### REQUIREMENT:
Gather each line containing the string "input" from these entries.

### EXERCISE DATA:
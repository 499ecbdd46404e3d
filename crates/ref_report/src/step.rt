//! The lines of a step.
ghost use Rattle.std.specs.Prelude.{◌≡◌, ◌++◌, OnOk, codes};
ghost use Rattle.asm_text.specs.Texts.{line, state_text};
ghost use Rattle.ref_report.specs.Reported.{HasKept, IsStepOf};
ghost use Rattle.ref_report.specs.Texts as spec;

use crate::input::{append_choices, append_input};
use crate::report::Step;
use asm_sign::Signature;
use asm_source::{Text, append_str};
use asm_state::MapStore;
use asm_text::print_state;
use std::alloc::AllocError;

/// Appends a step beside an abstract state: both states, the input, the choice words, and the next concrete state.
pub fn append_step(
    a: &Signature,
    c: &Signature,
    step: &Step,
    text: &mut Text,
) -> Result<(), AllocError>
    requires { IsStepOf a.now c.now step.now }
    ensures { OnOk result (text.new ≡ text.old ++ spec.step_text a.now c.now step.now) }
{
    append_before(a, c, step, text)?;
    append_after(c, step, text)
}

/// Appends the states before a step.
fn append_before(
    a: &Signature,
    c: &Signature,
    step: &Step,
    text: &mut Text,
) -> Result<(), AllocError>
    requires { IsStepOf a.now c.now step.now }
    ensures { OnOk result (text.new ≡ text.old ++ spec.before_text a.now c.now step.now) }
{
    append_state(a, "abstract state\n", &step.abstract_state, text)?;
    append_state(c, "concrete state\n", &step.concrete_state, text)
}

/// Appends what a step is given, and the state after it.
fn append_after(c: &Signature, step: &Step, text: &mut Text) -> Result<(), AllocError>
    requires { HasKept c.now step.now.next }
    ensures { OnOk result (text.new ≡ text.old ++ spec.after_text c.now step.now) }
{
    append_str(text, "input\n")?;
    append_input(c, &step.input, text)?;
    append_choices(step.words.words().slice(), text)?;
    append_state(c, "next concrete state\n", &step.next, text)
}

/// Appends a heading and the locations of a state.
fn append_state(
    signature: &Signature,
    heading: &str,
    state: &MapStore,
    text: &mut Text,
) -> Result<(), AllocError>
    requires { HasKept signature.now state.now }
    ensures { OnOk result (text.new ≡ text.old ++ (heading.now ++ state_text signature.now state.now)) }
{
    append_str(text, heading)?;
    print_state(signature, state, text)
}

### RESPONSE FOR THIS EXERCISE:
use crate::input::{append_choices, append_input};
/// Appends a step beside an abstract state: both states, the input, the choice words, and the next concrete state.
    append_str(text, "input\n")?;
    append_input(c, &step.input, text)?;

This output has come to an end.